**Assigned task**
Among the lines of this listing, count those that include "compare" and state the count by itself.

Record extracts section start

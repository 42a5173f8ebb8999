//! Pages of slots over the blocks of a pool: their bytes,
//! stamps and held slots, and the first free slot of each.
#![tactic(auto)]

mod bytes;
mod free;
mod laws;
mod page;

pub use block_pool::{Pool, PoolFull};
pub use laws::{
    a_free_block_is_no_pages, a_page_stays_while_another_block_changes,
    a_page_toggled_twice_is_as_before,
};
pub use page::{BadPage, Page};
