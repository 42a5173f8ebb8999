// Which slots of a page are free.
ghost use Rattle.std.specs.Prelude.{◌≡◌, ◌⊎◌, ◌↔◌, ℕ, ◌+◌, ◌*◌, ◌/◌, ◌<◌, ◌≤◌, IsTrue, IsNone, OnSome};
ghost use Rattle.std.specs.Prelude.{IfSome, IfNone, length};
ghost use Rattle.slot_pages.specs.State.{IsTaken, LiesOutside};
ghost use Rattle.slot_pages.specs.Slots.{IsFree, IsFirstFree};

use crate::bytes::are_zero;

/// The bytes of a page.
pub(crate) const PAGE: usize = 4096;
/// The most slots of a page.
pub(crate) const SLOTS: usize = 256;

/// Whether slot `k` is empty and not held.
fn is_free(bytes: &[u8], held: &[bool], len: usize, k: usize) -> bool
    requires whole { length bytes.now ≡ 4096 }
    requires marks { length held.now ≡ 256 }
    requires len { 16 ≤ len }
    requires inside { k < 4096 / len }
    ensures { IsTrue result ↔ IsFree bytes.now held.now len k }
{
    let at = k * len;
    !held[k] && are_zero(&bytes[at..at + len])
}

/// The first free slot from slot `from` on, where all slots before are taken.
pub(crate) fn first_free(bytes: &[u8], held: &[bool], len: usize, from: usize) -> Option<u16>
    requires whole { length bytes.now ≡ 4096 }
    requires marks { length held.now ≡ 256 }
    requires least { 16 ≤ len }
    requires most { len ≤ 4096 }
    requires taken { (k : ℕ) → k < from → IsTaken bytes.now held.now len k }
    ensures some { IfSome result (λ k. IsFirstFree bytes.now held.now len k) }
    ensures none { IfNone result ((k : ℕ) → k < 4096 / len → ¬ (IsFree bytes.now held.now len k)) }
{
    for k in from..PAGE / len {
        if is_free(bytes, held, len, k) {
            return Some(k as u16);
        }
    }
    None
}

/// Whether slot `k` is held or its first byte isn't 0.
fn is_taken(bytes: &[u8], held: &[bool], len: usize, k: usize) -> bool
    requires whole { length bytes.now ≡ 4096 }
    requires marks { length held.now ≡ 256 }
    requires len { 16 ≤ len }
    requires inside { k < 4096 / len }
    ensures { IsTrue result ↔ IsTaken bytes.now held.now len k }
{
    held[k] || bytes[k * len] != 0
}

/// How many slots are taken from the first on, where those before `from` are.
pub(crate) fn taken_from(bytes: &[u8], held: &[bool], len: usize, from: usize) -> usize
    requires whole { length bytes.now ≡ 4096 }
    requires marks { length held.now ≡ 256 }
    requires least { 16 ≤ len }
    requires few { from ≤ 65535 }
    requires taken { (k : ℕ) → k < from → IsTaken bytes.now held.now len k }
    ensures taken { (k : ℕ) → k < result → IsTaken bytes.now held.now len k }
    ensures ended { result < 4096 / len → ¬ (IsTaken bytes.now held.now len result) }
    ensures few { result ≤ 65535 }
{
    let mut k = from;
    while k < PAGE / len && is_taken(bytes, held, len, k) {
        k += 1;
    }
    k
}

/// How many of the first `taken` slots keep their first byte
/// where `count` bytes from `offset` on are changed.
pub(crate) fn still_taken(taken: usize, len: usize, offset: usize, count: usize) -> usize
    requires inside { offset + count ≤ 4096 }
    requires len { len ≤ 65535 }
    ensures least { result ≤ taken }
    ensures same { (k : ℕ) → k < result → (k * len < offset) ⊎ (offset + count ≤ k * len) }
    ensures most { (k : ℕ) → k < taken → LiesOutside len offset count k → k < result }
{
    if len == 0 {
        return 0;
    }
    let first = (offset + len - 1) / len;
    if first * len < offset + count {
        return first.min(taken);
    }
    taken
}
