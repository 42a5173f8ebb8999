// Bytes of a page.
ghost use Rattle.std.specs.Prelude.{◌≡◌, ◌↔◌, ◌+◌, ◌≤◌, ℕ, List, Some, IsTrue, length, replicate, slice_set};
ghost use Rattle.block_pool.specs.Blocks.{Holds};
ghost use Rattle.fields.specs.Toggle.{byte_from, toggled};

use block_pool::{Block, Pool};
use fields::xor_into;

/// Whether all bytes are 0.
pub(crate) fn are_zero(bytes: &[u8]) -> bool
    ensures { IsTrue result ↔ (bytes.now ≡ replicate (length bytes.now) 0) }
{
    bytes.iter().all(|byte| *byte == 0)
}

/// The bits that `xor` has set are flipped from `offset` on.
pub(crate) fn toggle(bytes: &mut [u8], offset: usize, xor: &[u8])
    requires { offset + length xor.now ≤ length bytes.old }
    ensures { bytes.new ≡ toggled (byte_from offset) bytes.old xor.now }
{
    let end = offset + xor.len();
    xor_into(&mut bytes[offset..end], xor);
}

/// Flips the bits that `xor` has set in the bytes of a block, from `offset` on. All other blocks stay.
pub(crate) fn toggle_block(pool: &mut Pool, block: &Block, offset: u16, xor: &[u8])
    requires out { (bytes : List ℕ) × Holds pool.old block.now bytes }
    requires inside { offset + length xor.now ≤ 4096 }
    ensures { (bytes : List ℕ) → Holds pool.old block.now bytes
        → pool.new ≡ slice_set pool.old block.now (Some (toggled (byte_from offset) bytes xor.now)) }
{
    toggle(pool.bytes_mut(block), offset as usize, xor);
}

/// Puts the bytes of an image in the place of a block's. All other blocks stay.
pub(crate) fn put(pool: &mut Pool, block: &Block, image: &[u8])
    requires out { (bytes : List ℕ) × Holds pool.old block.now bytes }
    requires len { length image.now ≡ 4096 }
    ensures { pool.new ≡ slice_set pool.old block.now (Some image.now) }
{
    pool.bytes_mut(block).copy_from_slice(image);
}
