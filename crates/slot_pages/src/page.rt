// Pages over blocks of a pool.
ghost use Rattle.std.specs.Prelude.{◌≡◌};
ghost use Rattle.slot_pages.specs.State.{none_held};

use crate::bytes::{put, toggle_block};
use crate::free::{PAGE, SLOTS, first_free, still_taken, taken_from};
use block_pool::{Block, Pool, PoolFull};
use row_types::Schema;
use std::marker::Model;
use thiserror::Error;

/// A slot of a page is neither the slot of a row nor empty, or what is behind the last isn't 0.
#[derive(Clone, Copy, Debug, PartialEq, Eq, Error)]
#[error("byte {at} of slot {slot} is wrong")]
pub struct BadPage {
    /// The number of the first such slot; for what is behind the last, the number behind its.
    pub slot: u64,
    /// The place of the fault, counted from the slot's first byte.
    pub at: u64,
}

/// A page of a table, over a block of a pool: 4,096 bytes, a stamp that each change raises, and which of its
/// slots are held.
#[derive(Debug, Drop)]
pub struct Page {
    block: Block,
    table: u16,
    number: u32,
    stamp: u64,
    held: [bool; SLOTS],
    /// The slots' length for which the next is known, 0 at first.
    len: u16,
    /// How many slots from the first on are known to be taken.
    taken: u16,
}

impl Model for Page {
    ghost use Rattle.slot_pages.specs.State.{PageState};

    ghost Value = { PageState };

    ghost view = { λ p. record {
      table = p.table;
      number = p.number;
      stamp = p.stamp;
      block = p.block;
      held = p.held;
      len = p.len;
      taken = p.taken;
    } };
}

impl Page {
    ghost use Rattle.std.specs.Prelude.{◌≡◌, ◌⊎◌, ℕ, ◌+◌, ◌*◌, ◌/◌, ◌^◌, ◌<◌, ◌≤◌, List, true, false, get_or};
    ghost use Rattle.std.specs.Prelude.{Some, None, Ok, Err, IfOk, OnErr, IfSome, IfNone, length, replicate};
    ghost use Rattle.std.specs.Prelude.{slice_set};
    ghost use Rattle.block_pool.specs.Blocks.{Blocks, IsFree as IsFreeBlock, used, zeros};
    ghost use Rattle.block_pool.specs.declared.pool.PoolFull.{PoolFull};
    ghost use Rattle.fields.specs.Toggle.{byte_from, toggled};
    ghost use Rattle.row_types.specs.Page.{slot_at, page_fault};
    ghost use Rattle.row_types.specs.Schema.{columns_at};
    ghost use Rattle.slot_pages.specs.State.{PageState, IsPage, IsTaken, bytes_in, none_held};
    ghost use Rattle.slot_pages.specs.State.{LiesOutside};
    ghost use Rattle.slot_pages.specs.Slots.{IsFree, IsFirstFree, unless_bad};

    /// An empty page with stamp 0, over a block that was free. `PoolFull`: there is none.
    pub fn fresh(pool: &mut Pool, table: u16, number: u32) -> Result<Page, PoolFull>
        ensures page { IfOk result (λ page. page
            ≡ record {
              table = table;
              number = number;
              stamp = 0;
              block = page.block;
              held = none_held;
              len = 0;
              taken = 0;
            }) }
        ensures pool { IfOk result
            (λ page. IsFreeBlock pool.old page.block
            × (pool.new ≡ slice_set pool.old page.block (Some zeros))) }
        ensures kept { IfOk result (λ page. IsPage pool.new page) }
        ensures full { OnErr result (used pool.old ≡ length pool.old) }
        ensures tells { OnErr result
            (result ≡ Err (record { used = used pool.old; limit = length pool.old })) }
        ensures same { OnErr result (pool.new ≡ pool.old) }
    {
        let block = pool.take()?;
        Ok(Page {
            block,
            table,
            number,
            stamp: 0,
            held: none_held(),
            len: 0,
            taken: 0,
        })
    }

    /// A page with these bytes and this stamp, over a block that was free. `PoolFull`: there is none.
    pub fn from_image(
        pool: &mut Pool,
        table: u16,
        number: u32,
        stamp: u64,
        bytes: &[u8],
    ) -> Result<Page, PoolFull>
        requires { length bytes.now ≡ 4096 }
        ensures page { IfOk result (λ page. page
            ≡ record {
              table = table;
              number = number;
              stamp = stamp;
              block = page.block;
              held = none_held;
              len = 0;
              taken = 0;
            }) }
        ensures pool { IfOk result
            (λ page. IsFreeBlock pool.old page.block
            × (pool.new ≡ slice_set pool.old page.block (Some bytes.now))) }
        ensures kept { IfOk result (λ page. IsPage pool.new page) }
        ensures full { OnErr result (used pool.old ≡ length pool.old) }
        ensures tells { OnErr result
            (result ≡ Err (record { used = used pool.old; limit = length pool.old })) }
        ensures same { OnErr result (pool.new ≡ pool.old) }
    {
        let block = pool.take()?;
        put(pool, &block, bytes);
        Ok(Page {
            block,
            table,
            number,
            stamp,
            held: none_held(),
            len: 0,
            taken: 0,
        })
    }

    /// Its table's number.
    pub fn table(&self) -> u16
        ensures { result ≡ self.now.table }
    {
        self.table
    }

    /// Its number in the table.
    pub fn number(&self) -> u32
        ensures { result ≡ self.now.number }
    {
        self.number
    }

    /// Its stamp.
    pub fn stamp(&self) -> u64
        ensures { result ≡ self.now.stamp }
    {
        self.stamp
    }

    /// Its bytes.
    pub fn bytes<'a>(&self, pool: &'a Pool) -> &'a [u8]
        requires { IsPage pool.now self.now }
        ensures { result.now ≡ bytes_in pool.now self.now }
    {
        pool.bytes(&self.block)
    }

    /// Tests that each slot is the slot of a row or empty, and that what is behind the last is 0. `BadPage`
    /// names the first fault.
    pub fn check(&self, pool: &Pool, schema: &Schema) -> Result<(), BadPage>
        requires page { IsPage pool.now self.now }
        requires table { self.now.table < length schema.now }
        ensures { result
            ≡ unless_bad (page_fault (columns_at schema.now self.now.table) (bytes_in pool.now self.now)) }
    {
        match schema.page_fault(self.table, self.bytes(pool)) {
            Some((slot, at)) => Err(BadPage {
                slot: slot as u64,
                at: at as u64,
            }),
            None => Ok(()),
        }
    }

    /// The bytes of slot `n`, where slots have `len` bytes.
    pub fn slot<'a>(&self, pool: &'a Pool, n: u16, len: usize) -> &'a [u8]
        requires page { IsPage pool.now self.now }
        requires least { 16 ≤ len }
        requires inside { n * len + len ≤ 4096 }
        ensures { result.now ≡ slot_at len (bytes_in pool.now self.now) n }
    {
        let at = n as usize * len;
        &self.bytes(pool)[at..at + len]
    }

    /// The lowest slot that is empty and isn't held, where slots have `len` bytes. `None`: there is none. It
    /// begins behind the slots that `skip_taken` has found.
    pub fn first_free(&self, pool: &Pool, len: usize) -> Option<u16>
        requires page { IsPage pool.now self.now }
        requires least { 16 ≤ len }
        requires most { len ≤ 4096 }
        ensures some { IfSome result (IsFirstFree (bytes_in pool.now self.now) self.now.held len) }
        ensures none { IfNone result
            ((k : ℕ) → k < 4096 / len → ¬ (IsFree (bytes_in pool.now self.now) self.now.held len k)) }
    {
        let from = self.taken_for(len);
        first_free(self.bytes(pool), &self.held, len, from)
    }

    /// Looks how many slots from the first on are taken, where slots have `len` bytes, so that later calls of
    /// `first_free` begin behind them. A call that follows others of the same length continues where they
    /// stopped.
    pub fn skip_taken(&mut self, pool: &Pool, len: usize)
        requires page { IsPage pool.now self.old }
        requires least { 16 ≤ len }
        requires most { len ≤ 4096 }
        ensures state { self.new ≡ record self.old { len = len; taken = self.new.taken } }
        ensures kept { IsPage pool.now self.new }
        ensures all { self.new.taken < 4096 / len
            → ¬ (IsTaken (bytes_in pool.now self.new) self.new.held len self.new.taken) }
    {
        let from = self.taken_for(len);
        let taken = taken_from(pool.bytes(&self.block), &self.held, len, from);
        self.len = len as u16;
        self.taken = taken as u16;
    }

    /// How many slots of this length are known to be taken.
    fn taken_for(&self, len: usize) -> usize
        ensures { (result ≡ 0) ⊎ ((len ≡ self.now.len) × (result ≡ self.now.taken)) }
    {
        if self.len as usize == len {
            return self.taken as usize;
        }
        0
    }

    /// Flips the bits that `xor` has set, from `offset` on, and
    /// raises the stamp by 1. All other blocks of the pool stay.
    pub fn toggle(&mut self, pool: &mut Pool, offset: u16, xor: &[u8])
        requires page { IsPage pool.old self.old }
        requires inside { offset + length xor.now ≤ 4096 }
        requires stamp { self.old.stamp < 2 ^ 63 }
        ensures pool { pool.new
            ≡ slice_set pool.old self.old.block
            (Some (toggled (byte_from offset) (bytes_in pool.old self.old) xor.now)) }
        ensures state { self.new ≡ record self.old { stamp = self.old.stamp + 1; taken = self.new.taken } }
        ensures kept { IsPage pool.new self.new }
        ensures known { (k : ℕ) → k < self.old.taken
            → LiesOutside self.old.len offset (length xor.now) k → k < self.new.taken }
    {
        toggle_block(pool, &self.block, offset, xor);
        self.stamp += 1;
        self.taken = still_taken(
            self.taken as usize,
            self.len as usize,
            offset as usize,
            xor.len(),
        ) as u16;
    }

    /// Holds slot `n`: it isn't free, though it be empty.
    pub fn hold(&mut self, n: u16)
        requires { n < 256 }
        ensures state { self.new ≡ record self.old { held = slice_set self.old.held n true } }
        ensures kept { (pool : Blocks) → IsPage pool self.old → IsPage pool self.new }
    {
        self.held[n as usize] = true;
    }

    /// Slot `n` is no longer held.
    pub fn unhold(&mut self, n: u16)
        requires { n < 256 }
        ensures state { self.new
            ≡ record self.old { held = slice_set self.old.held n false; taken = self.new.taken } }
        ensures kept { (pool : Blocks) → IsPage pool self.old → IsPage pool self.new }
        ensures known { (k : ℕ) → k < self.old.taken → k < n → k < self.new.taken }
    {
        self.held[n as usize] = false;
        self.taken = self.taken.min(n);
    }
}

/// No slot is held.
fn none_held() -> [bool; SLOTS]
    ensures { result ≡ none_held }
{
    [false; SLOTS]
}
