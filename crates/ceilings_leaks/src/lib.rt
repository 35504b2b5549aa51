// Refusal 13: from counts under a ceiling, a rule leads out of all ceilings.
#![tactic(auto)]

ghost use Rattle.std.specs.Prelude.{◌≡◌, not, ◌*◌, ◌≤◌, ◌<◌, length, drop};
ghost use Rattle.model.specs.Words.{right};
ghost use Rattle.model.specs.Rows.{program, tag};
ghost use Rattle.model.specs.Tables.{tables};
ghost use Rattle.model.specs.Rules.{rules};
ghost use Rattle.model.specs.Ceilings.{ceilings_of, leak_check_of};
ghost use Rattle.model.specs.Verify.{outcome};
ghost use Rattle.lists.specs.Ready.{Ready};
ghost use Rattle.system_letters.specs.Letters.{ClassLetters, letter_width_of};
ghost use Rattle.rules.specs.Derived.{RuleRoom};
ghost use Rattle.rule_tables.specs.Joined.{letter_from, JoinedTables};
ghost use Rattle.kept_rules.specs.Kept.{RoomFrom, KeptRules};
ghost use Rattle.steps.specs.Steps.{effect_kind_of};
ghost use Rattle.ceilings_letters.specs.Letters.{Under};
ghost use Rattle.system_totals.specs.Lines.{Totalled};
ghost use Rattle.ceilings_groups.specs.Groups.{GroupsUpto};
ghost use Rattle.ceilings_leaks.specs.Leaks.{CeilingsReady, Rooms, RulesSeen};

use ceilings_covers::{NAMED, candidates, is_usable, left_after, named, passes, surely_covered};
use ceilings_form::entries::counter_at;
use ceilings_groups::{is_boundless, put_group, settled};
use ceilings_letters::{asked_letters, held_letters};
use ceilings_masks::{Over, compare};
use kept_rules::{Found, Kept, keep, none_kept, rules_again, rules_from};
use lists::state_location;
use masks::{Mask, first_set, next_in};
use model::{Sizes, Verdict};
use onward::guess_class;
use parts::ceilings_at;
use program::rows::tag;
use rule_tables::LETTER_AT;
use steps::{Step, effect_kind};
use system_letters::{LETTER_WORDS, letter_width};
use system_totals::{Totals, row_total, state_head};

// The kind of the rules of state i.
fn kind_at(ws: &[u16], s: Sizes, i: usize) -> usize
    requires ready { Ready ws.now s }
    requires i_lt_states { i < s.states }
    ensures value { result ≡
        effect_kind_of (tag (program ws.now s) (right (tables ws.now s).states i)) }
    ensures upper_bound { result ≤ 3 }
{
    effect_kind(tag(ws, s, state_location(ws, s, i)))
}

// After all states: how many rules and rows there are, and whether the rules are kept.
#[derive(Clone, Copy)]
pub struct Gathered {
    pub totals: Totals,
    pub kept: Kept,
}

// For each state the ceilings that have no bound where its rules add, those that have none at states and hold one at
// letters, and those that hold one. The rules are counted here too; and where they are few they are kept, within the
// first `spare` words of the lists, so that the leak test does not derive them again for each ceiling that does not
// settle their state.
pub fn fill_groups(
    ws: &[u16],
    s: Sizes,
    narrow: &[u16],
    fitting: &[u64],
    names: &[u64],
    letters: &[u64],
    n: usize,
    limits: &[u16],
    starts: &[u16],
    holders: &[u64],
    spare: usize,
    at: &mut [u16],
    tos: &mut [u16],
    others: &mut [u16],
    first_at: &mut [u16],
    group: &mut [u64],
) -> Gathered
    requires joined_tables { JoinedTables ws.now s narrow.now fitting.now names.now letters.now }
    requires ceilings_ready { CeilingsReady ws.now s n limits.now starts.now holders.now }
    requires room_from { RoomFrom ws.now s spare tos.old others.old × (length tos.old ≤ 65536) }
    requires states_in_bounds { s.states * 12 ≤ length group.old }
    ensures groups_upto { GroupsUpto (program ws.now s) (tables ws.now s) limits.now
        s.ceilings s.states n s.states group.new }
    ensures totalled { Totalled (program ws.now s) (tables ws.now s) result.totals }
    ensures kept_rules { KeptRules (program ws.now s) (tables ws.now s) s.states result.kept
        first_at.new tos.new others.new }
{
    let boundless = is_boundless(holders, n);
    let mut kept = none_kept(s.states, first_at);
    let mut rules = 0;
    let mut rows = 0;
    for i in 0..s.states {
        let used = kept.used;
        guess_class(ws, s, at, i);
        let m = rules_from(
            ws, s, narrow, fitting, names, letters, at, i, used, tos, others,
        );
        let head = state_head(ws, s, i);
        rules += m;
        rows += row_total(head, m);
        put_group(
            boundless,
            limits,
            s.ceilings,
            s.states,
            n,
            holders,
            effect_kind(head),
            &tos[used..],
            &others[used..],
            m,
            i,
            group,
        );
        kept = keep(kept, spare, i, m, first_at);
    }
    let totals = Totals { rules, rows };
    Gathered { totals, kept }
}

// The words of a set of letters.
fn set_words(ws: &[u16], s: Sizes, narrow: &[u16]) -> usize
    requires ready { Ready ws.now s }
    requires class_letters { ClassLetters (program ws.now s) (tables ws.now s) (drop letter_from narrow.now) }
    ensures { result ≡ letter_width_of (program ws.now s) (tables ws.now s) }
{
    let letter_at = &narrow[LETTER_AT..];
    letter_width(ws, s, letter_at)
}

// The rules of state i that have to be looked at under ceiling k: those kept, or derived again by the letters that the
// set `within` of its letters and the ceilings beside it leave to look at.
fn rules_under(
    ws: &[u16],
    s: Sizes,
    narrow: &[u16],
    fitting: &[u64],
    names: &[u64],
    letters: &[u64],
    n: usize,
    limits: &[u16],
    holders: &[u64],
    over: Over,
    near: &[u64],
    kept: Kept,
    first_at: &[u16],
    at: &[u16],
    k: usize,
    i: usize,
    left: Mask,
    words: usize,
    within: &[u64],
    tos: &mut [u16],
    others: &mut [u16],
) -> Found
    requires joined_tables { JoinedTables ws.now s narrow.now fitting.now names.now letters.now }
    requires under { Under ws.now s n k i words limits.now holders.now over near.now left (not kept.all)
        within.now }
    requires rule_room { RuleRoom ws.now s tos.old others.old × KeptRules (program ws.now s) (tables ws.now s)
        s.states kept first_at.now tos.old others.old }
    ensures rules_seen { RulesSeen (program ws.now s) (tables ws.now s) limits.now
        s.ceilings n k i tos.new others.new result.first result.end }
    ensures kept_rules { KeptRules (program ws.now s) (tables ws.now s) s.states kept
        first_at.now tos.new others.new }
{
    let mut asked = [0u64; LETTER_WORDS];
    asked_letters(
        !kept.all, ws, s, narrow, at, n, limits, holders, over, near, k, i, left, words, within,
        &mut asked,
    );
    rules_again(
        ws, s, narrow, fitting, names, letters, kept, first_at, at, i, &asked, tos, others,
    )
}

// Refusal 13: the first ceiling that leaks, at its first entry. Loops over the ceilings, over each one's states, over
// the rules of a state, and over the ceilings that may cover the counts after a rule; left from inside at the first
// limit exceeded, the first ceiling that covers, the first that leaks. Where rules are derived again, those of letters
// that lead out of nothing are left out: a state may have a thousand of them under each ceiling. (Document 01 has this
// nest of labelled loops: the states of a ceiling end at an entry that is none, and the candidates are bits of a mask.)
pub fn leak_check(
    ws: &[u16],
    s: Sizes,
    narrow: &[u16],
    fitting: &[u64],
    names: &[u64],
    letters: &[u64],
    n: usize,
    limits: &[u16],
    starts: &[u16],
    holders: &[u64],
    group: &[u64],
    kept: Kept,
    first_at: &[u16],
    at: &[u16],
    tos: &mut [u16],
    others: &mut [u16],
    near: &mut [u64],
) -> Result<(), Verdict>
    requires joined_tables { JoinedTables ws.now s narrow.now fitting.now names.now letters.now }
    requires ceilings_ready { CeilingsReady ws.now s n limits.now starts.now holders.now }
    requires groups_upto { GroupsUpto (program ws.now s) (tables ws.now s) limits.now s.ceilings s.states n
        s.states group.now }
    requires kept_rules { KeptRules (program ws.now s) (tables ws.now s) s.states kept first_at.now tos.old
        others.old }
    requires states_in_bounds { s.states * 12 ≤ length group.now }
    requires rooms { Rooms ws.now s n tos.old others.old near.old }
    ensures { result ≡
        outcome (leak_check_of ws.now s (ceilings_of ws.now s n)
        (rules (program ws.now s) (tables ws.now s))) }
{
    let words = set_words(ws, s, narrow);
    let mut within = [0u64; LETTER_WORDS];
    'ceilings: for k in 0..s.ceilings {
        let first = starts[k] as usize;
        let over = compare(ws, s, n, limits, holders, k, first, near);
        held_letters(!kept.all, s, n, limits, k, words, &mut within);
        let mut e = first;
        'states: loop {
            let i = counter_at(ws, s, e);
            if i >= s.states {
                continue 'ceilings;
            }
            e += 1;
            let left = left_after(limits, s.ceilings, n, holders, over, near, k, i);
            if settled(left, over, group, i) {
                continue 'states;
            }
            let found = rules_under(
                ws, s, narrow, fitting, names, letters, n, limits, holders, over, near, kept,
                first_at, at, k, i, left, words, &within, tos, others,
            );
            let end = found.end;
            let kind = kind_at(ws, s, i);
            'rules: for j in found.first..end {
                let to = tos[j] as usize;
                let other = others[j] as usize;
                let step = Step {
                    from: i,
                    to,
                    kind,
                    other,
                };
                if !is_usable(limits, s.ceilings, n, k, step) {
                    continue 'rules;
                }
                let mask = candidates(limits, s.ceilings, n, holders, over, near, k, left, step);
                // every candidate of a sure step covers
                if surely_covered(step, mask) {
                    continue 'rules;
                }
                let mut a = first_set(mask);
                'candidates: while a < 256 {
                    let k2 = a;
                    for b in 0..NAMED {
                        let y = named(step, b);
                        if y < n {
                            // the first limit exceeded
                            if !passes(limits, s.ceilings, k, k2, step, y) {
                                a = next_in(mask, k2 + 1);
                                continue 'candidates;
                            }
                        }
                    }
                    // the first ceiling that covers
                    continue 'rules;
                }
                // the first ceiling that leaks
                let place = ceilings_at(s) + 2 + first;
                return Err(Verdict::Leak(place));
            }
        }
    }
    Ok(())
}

Record extracts section end

**Output for this task**
2